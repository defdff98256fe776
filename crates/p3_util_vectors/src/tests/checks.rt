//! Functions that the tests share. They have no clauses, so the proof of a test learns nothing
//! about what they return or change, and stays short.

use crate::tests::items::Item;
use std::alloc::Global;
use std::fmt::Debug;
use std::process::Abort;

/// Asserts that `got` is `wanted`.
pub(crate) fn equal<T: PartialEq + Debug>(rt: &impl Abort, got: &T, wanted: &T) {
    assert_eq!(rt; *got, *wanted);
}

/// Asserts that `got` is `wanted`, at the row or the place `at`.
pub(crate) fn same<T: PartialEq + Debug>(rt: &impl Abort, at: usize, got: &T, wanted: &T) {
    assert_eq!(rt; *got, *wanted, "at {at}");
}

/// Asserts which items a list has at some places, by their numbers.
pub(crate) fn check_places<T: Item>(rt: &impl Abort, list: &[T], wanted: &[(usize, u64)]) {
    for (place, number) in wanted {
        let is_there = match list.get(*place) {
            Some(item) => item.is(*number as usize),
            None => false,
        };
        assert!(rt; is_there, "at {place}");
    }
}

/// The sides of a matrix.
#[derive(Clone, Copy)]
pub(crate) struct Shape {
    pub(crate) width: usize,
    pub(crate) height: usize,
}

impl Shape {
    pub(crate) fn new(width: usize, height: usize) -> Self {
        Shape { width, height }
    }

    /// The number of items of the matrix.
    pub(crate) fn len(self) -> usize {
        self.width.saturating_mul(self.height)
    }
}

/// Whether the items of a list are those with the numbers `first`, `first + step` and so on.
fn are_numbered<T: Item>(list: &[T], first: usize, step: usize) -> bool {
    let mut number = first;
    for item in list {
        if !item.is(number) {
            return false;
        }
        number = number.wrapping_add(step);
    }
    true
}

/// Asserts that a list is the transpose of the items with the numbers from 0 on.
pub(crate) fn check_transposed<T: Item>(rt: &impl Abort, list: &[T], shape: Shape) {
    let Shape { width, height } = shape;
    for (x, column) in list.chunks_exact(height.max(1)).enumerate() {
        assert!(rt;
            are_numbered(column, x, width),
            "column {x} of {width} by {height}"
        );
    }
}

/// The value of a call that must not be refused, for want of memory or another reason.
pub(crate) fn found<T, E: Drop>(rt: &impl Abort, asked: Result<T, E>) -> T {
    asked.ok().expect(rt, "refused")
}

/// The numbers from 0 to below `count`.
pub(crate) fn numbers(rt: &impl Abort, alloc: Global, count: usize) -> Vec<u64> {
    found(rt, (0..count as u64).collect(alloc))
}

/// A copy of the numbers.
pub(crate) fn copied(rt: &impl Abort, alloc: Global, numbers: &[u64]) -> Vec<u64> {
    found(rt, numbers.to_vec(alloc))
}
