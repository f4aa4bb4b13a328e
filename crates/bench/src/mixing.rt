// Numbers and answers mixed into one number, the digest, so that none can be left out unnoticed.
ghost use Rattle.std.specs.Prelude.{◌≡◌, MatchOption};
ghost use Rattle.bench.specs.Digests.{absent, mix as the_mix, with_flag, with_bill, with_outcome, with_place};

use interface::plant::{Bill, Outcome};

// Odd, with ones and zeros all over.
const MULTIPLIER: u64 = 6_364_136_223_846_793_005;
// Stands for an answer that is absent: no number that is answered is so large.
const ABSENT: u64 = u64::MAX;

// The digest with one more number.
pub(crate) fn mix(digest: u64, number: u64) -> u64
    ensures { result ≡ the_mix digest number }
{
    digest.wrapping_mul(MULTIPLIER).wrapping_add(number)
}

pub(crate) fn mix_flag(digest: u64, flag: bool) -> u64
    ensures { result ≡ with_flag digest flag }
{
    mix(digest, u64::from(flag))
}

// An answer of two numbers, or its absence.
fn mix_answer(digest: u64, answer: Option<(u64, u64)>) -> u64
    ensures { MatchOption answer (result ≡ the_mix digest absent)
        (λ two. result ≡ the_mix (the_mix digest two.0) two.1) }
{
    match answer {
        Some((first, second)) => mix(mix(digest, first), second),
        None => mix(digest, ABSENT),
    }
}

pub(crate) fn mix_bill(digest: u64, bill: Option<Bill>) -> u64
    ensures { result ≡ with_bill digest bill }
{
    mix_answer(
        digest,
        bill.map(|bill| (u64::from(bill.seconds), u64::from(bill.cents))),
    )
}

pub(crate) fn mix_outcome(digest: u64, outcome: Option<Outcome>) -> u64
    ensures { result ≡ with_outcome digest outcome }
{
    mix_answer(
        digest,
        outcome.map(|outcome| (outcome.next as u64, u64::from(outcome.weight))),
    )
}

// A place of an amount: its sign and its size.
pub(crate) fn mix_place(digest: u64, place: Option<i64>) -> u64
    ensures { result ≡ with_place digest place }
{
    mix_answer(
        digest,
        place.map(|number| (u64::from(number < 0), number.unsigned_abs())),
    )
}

### Action item
I need every line of the material that includes "alloc", so please copy them out.

### Solution to this exercise
use std::alloc::Global;
pub(crate) fn numbers(rt: &impl Abort, alloc: Global, count: usize) -> Vec<u64> {
    found(rt, (0..count as u64).collect(alloc))
pub(crate) fn copied(rt: &impl Abort, alloc: Global, numbers: &[u64]) -> Vec<u64> {
    found(rt, numbers.to_vec(alloc))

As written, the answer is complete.